The MT2/MU9 uses a Castrol Burmah (BOT 0063) manual transmission fluid, and is validated as "fill-for-life". No maintenance is required for normal operation.

- OVERVIEW

Originally a design developed for Fiat, Opel and Saab applications, the F40 (MT2) is a GM Powertrain - Europe six-speed manual transaxle built in Russelsheim, Germany. Its first use in a North American application was the Pontiac G6 for the 2006 model year. It is also used in some Saab 9-3 and 9-5 models.

It is a three-axis design, with first, second, fifth, and sixth gears on an output shaft behind and below the input shaft, and third and fourth gears are on an output shaft in front of and above the input shaft. Both output shaft pinions drive a helical gear with a conventional differential. The clutch is mounted on a dual-mass flywheel to dampen vibrations on whichever output shaft is idle depending upon which gear is selected.

The F40 is cast in aluminum, and weighs 124 pounds (see specs). It has been certified for up to 400 Nm of engine torque.
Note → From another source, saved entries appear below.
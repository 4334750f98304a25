//! The kinds of rows: docs/ROWS.md has what each asks.

use crate::fault::RowsFault;
use crate::file::Joint;
use crate::nodes::Nodes;
use crate::playing::Asked;
use crate::{
    callers, command_lines, pieces, policies, received, replies, scripts, selectors, sent, trees,
    values,
};
use lab::LabStore;

/// A kind of rows. A file of it has its name as the ending.
#[derive(Clone, Copy)]
pub enum Kind {
    Bounds,
    Callers,
    Collation,
    Commands,
    Connections,
    Histories,
    Ids,
    Json,
    Keys,
    Lab,
    Numbers,
    Pages,
    Paths,
    Received,
    Replies,
    Requests,
    Revisions,
    Rules,
    Security,
    Selectors,
    Sent,
    Stream,
    Tokens,
}

impl Kind {
    /// Returns the kind that files with this ending are of.
    pub fn of_ending(ending: &str) -> Option<Kind> {
        Some(match ending {
            "bounds" => Kind::Bounds,
            "callers" => Kind::Callers,
            "collation" => Kind::Collation,
            "commands" => Kind::Commands,
            "connections" => Kind::Connections,
            "histories" => Kind::Histories,
            "ids" => Kind::Ids,
            "json" => Kind::Json,
            "keys" => Kind::Keys,
            "lab" => Kind::Lab,
            "numbers" => Kind::Numbers,
            "pages" => Kind::Pages,
            "paths" => Kind::Paths,
            "received" => Kind::Received,
            "replies" => Kind::Replies,
            "requests" => Kind::Requests,
            "revisions" => Kind::Revisions,
            "rules" => Kind::Rules,
            "security" => Kind::Security,
            "selectors" => Kind::Selectors,
            "sent" => Kind::Sent,
            "stream" => Kind::Stream,
            "tokens" => Kind::Tokens,
            _ => return None,
        })
    }

    /// Returns how lines become one text.
    pub fn joint(self) -> Joint {
        match self {
            Kind::Callers | Kind::Lab | Kind::Received | Kind::Sent | Kind::Stream =>
                Joint::LineFeed,
            _ => Joint::Nothing,
        }
    }

    /// Tells whether the rows are about nodes, which have a store.
    pub fn has_nodes(self) -> bool {
        matches!(
            self,
            Kind::Connections | Kind::Lab | Kind::Pages | Kind::Requests
        )
    }

    /// Tells whether a line of a head may begin with a word.
    pub fn may_begin_with(self, word: &str) -> bool {
        match word {
            "secret" | "admin" => self.has_nodes() || matches!(self, Kind::Callers),
            "public" | "closed" => self.has_nodes() && !matches!(self, Kind::Lab),
            "user" => self.has_nodes() || matches!(self, Kind::Rules | Kind::Security),
            "security" => matches!(self, Kind::Rules),
            _ => false,
        }
    }

    /// Adds the answer to a question. One that this kind can't read is `Refused`, in a word that says so.
    pub fn answer<S: LabStore>(
        self,
        nodes: &mut Nodes<S>,
        asked: Asked<'_>,
        out: &mut String,
    ) -> Result<(), RowsFault> {
        match self {
            Kind::Connections => nodes.feed_row(asked, out),
            Kind::Lab => scripts::play::<S>(asked, out),
            Kind::Pages | Kind::Requests => nodes.ask(asked, out),
            _ => self.answer_alone(asked, out),
        }
    }

    /// Adds the answer to a question that is asked of no node.
    fn answer_alone(self, asked: Asked<'_>, out: &mut String) -> Result<(), RowsFault> {
        match self {
            Kind::Bounds => selectors::bounds(asked, out),
            Kind::Callers => callers::caller(asked, out),
            Kind::Collation => values::collation(asked, out),
            Kind::Commands => command_lines::command(asked, out),
            Kind::Histories => trees::history(asked, out),
            Kind::Ids => trees::id(asked, out),
            Kind::Json => values::json(asked, out),
            Kind::Keys => values::key(asked, out),
            Kind::Numbers => values::number(asked, out),
            Kind::Paths => values::path(asked, out),
            Kind::Received => received::received(asked, out),
            Kind::Replies => replies::reply(asked, out),
            Kind::Revisions => trees::revision(asked, out),
            Kind::Rules => policies::rules(asked, out),
            Kind::Security => policies::security(asked, out),
            Kind::Selectors => selectors::selector(asked, out),
            Kind::Sent => sent::sent(asked, out),
            Kind::Stream => pieces::stream(asked, out),
            Kind::Tokens => callers::token(asked, out),
            Kind::Connections | Kind::Lab | Kind::Pages | Kind::Requests => Ok(()),
        }
    }
}
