use couch_json::NoMemory;
use std::alloc::{AllocError, AllocFailed};
use std::fmt::{Debug, Write};
use std::io;
use thiserror::Error;

/// Why rows could not be played, or a question has no answer of its own.
#[derive(Clone, Copy, Debug, Error)]
pub enum RowsFault {
    /// Memory ran out.
    #[error("out of memory")]
    Memory,
    /// A file or the folder could not be read, or the report not be printed.
    #[error("file")]
    File,
    /// The line of this number, counted from 1, has no place in a file of rows.
    #[error("line")]
    Line(usize, &'static str),
    /// The question can't be read, or is refused: this word is its answer.
    #[error("refused")]
    Refused(&'static str),
    /// What was asked ended in a fault, whose name stands as the answer.
    #[error("fault")]
    Named,
}

/// Returns what a call gave, or makes the name of its fault the answer.
pub fn named<T, F: Debug + Drop>(given: Result<T, F>, out: &mut String) -> Result<T, RowsFault> {
    match given {
        Ok(value) => Ok(value),
        Err(fault) => Err(name(fault, out)),
    }
}

/// Makes the name of a fault the answer.
pub fn name<F: Debug + Drop>(fault: F, out: &mut String) -> RowsFault {
    out.clear();
    match write!(out, "{fault:?}") {
        Ok(()) => RowsFault::Named,
        Err(_) => RowsFault::Memory,
    }
}

impl From<NoMemory> for RowsFault {
    fn from(_no_memory: NoMemory) -> RowsFault {
        RowsFault::Memory
    }
}

impl From<AllocError> for RowsFault {
    fn from(_error: AllocError) -> RowsFault {
        RowsFault::Memory
    }
}

impl<T: Drop> From<AllocFailed<T>> for RowsFault {
    fn from(_failed: AllocFailed<T>) -> RowsFault {
        RowsFault::Memory
    }
}

impl From<io::Error> for RowsFault {
    fn from(error: io::Error) -> RowsFault {
        if error.kind() == io::ErrorKind::OutOfMemory {
            RowsFault::Memory
        } else {
            RowsFault::File
        }
    }
}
Triple-cone synchronizers are used on 1st and 2nd gears. These synchronizers have three friction surfaces, which increase their ability to transfer the flow of torque more smoothly from one gear to another. Synchronizers act as clutches to speed up or slow down the gearsets that are being shifted to, and greater friction area results in easier shifting for the driver. The 3rd, 4th, and reverse synchronizers are double-cone, while the 5th and 6th gear synchronizers are single-cone. All of the friction surfaces on the synchronizer rings are sintered bronze. The ratios in the 6-speed are widely spaced for versatile performance and efficiency.